Now, to just figure out when this Anime'd Waze is changing the route, and to make sure this new version doesn't go all toll-road-eager for pickups....

And to see more gas station options again...


----------



## grayspinner (Sep 8, 2015)

Just use google maps - I never have any issues with it


----------



## rv5 (Apr 13, 2015)

macchiato said:


> Anyone else's Waze crashing when switching to nav?


what kind of phone do you have? htc?


----------



## macchiato (Sep 29, 2015)

It's been fixed a while ago. Basically Waze and Lyft apps weren't playing nice.


----------



## rv5 (Apr 13, 2015)

macchiato said:


> It's been fixed a while ago. Basically Waze and Lyft apps weren't playing nice.

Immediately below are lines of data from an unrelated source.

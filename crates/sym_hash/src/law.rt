//! What a verdict on hash tables means.

ghost use Rattle.std.specs.Prelude.{◌≡◌, ◌↔◌, ℕ, Ok, Err, List, Some, length};
ghost use Rattle.std.specs.List.{slice_get};
ghost use Rattle.ld_base.specs.declared.fault.NotAccepted.{NotAccepted};
ghost use Rattle.ld_base.specs.declared.object.Symbol.{Symbol};
ghost use Rattle.ld_base.specs.declared.parts.DynParts.{DynParts};
ghost use Rattle.ld_base.specs.declared.parts.HashTable.{HashTable};
ghost use Rattle.ld_base.specs.declared.parts.Head.{Head};
ghost use Rattle.sym_hash.specs.Breaks.{BreaksHash, IsHashTable};
ghost use Rattle.sym_hash.specs.Reached.{IsTableFor};
ghost use Rattle.sym_hash.specs.Verdict.{hash_verdict};

/// The hash tables of an object have one verdict: either they are those of its symbols, or they break
/// the rule with one number. The versions of symbols make no difference.
pub fn one_verdict()
    ensures accepted { (bytes : List ℕ) (head : Head) (parts : DynParts) (t : HashTable)
        → (hash_verdict bytes head parts ≡ Ok t) ↔ IsHashTable bytes head parts t }
    ensures refused { (bytes : List ℕ) (head : Head) (parts : DynParts) (fault : NotAccepted)
        → (hash_verdict bytes head parts ≡ Err fault) ↔ BreaksHash bytes head parts fault }
    ensures versions { (t : HashTable) (symbols others : List Symbol) (first : ℕ) → length others ≡ length symbols
        → ((i : ℕ) (s : Symbol) → slice_get others i ≡ Some s → slice_get symbols i ≡ Some (record s { version = 0 })) → IsTableFor t symbols first
        → IsTableFor t others first }
{}
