//! Numbers: decimal, hexadecimal, below 0, and by name.

use ld_base::Name;
use std::alloc::{AllocError, Global};
use test_file::whole;

/// A number with a name.
#[derive(Drop)]
struct Constant {
    name: Name,
    value: u64,
}

/// The numbers that have names, and which number of a range is meant.
#[derive(Drop)]
pub struct Numbers {
    constants: Vec<Constant>,
    turn: u64,
}

impl Numbers {
    pub fn new(alloc: Global) -> Self {
        Numbers {
            constants: Vec::new(alloc),
            turn: 0,
        }
    }

    /// Gives a number a name.
    pub fn add(&mut self, alloc: Global, name: &str, value: u64) -> Result<(), AllocError> {
        let name = Name::new(alloc, name.as_bytes())?;
        self.constants.push(Constant { name, value })?;
        Ok(())
    }

    /// The number with a name.
    pub fn named(&self, name: &str) -> Option<u64> {
        self.constants
            .iter()
            .find(|constant| constant.name.is(name.as_bytes()))
            .map(|constant| constant.value)
    }

    /// From now on a range stands for this one of its numbers.
    pub fn choose(&mut self, turn: u64) {
        self.turn = turn;
    }

    /// The number that a word is, if it is one.
    pub fn read(&self, word: &str) -> Option<u64> {
        if self.range(word).is_some() {
            return Some(self.turn);
        }
        match self.named(word) {
            Some(value) => Some(value),
            None => whole(word),
        }
    }

    /// The first number of a range `A..B`, and the one behind its last.
    pub fn range(&self, word: &str) -> Option<(u64, u64)> {
        let (first, end) = word.split_once("..")?;
        Some((whole(first)?, whole(end)?))
    }
}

no, it has not been fixed.


----------



## macchiato (Sep 29, 2015)

Working on my end. Have you tried reinstalling both apps?


----------



## rv5 (Apr 13, 2015)

yes


----------



## macchiato (Sep 29, 2015)

Don't know what to tell you. Contact Lyft support and see what they can do. 

I was on iPhone 6 Plus.


----------



## rv5 (Apr 13, 2015)

lyft support is useless.


----------



## macchiato (Sep 29, 2015)

Not going to argue with you there. Support is useless.


----------



## Jimmy Bernat (Apr 12, 2016)

I never had any issues with lyft and wazze until they announced the integration thing. Now at least once a day it has an issue with the switch over or doesn't send the address to waze. Very annoying


----------



## Daniel Harbin (Sep 23, 2015)

Stopped using Waze a while back because Lyft and Waze were not playing well together.


----------



## 4736353377384555736 (Aug 27, 2016)

Tried Waze for first time today, it doesn't get the address from Lyft. Went back to Goog Maps.


----------



## 54dman (Jan 27, 2017)

macchiato said:


> Anyone else's Waze crashing when switching to nav?

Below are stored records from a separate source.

//! GNU hash tables.

ghost use Rattle.std.specs.Prelude.{◌≡◌, ℕ, ◌+◌, ◌-◌, ◌*◌, ◌/◌, ◌%◌, ◌^◌, ◌<◌, ◌==◌, ◌&&◌};
ghost use Rattle.std.specs.Prelude.{◌||◌, None, Some, if◌then◌else◌, not, nat_le, nat_lt, length, take, drop, map, slice_index};
ghost use Rattle.std.specs.List.{list_all, list_any, slice_get};
ghost use Rattle.std.specs.Option.{option_or};
ghost use Rattle.ld_base.specs.Symbol.{is_visible_definition};
ghost use Rattle.sym_hash.specs.Gnu.{gnu_leads, gnu_walks_end, has_bit, has_word, in_bloom, in_chain, is_end, walk_reaches};
ghost use Rattle.sym_hash.specs.Hashed.{first_lost, EndsBelow};

use ld_base::{GnuPart, Symbol};

/// Whether a chain word marks the end of its chain.
fn is_end(word: u32) -> bool
    ensures { result ≡ is_end word }
{
    word % 2 == 1
}

/// One more than the place of the last word that marks an end, 0 where none does.
fn ended(words: &[u32]) -> usize
    ensures { (k : ℕ) → list_any is_end (drop k words.now) ≡ nat_lt k result }
{
    let mut ended = 0;
    for (index, word) in words.iter().enumerate() {
        ended = if is_end(*word) { index + 1 } else { ended };
    }
    ended
}

/// The words of those symbols that are below a number.
fn words_below(gnu: &GnuPart, past: usize) -> &[u32]
    ensures { result.now ≡ take (past - gnu.now.symoffset) gnu.now.chain }
{
    let words = gnu.chain.as_slice();
    &words[..words.len().min(past.saturating_sub(gnu.symoffset as usize))]
}

/// Whether the walk from a bucket ends, if it begins before the last end.
fn walk_ends(symoffset: u32, ended: usize, bucket: u32) -> bool
    ensures { result ≡ (bucket == 0 || (nat_le symoffset bucket && nat_lt (bucket - symoffset) ended)) }
{
    bucket == 0 || (bucket >= symoffset && ((bucket - symoffset) as usize) < ended)
}

fn all_end(buckets: &[u32], symoffset: u32, ended: usize) -> bool
    ensures { result ≡ list_all (λ b. b == 0 || (nat_le symoffset b && nat_lt (b - symoffset) ended)) buckets.now }
{
    buckets
        .iter()
        .all(|bucket| walk_ends(symoffset, ended, *bucket))
}

/// Whether every walk ends inside so many symbols.
#[tactic(auto, unfolding(crate::specs::Gnu::gnu_walks_end))]
fn walks_end(gnu: &GnuPart, count: usize) -> bool
    ensures { result ≡ gnu_walks_end gnu.now count }
{
    let ended = ended(words_below(gnu, count));
    all_end(gnu.buckets.as_slice(), gnu.symoffset, ended)
}

/// Whether a word has a bit.
fn has_bit(word: u64, bit: u32) -> bool
    requires { bit < 64 }
    ensures { result ≡ has_bit word bit }
{
    (word >> bit) % 2 == 1
}

/// The hash without its lowest bits.
fn shifted(hash: u32, shift: u32) -> u32
    ensures { result ≡ hash / 2 ^ shift }
{
    if shift < u32::BITS { hash >> shift } else { 0 }
}

/// The word at a place modulo the number of words, if there is any.
fn bloom_word(bloom: &[u64], place: u32) -> Option<u64>
    ensures { result ≡ slice_get bloom.now (place % length bloom.now) }
{
    if bloom.is_empty() {
        None
    } else {
        Some(bloom[place as usize % bloom.len()])
    }
}

/// Whether the bloom filter has both bits of the hash.
#[tactic(auto, unfolding(crate::specs::Gnu::in_bloom))]
fn in_bloom(gnu: &GnuPart, hash: u32) -> bool
    ensures { result ≡ in_bloom gnu.now hash }
{
    match bloom_word(gnu.bloom.as_slice(), hash / 64) {
        Some(word) => has_bit(word, hash % 64) && has_bit(word, shifted(hash, gnu.shift) % 64),
        None => false,
    }
}

/// The bucket of a hash, if there is any.
pub(crate) fn bucket_of(buckets: &[u32], hash: u32) -> Option<u32>
    ensures { result ≡ slice_get buckets.now (hash % length buckets.now) }
{
    if buckets.is_empty() {
        None
    } else {
        Some(buckets[hash as usize % buckets.len()])
    }
}

/// Whether the walk from a bucket comes to the symbol: no end stands between the two.
fn walk_reaches(gnu: &GnuPart, bucket: u32, index: usize, ended: usize) -> bool
    ensures { EndsBelow gnu.now index ended → result ≡ walk_reaches gnu.now bucket index }
{
    bucket > 0
        && bucket >= gnu.symoffset
        && bucket as usize <= index
        && (bucket - gnu.symoffset) as usize >= ended
}

/// Whether the symbol is in the chain that the bucket of the hash begins.
fn in_chain(gnu: &GnuPart, hash: u32, index: usize, ended: usize) -> bool
    ensures { EndsBelow gnu.now index ended → result ≡ in_chain gnu.now hash index }
{
    match bucket_of(gnu.buckets.as_slice(), hash) {
        Some(bucket) => walk_reaches(gnu, bucket, index, ended),
        None => false,
    }
}

/// Whether the chain word of the symbol is the hash, but for its lowest bit.
fn has_word(gnu: &GnuPart, hash: u32, index: usize) -> bool
    ensures { result ≡ has_word gnu.now hash index }
{
    let words = gnu.chain.as_slice();
    let place = index.saturating_sub(gnu.symoffset as usize);
    place < words.len() && words[place] / 2 == hash / 2
}

/// Whether the symbol is found by a hash.
#[tactic(auto, unfolding(crate::specs::Gnu::gnu_leads))]
fn leads(gnu: &GnuPart, hash: u32, index: usize, ended: usize) -> bool
    ensures { EndsBelow gnu.now index ended → result ≡ gnu_leads gnu.now hash index }
{
    in_bloom(gnu, hash) && has_word(gnu, hash, index) && in_chain(gnu, hash, index, ended)
}

/// Whether the symbol is an exported definition that isn't found by its hash.
fn is_lost(
    gnu: &GnuPart,
    symbol: &Symbol,
    hash: u32,
    first: u32,
    index: usize,
    ended: usize,
) -> bool
    ensures { EndsBelow gnu.now index ended
        → result ≡ (nat_le first index && is_visible_definition symbol.now && not (gnu_leads gnu.now hash index)) }
{
    index >= first as usize && symbol.is_visible_definition() && !leads(gnu, hash, index, ended)
}

/// How the ends stand behind the word of a symbol.
fn ended_after(gnu: &GnuPart, index: usize, ended: usize) -> usize
    requires { index < 2 ^ 63 }
    ensures { EndsBelow gnu.now index ended → EndsBelow gnu.now (index + 1) result }
{
    let words = gnu.chain.as_slice();
    let symoffset = gnu.symoffset as usize;
    if index >= symoffset && index - symoffset < words.len() && is_end(words[index - symoffset]) {
        index - symoffset + 1
    } else {
        ended
    }
}

/// The first exported definition that isn't found by its hash.
#[tactic(auto, unfolding(crate::specs::Hashed::first_lost), using(crate::proofs::Following::lost_here, crate::proofs::Following::not_lost))]
fn first_lost(gnu: &GnuPart, symbols: &[Symbol], hashes: &[u32], first: u32) -> Option<usize>
    requires { length hashes.now ≡ length symbols.now }
    ensures { result ≡ first_lost (λ i. gnu_leads gnu.now (slice_index hashes.now i) i) (map is_visible_definition symbols.now) first }
{
    let mut ended = 0;
    for (index, symbol) in symbols.iter().enumerate() {
        if is_lost(gnu, symbol, hashes[index], first, index, ended) {
            return Some(index);
        }
        ended = ended_after(gnu, index, ended);
    }
    None
}

/// What breaks rule 19, of symbols whose names have these hashes.
pub(crate) fn unmet(gnu: &GnuPart, symbols: &[Symbol], hashes: &[u32], first: u32) -> Option<usize>
    requires { length hashes.now ≡ length symbols.now }
    ensures { result ≡ option_or (if gnu_walks_end gnu.now (length symbols.now) then None
        else Some 0) (first_lost (λ i. gnu_leads gnu.now (slice_index hashes.now i) i) (map is_visible_definition symbols.now) first) }
{
    if walks_end(gnu, symbols.len()) {
        first_lost(gnu, symbols, hashes, first)
    } else {
        Some(0)
    }
}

I am having problems after it takes me to the pickup. When I hit navigate to destination it starts and then goes back to where you would start the nav. If I put the destination in manually it works.


----------



## mentalbob (May 1, 2017)

I have the same problem in both Uber and Lyft driver apps. I have to force stop waze and manually relaunch after trying to navigate from either driver app..


----------



## MARY ANDERSON (May 3, 2017)

Every other ride. Drives me koo koo... With line, it hardly works at all


----------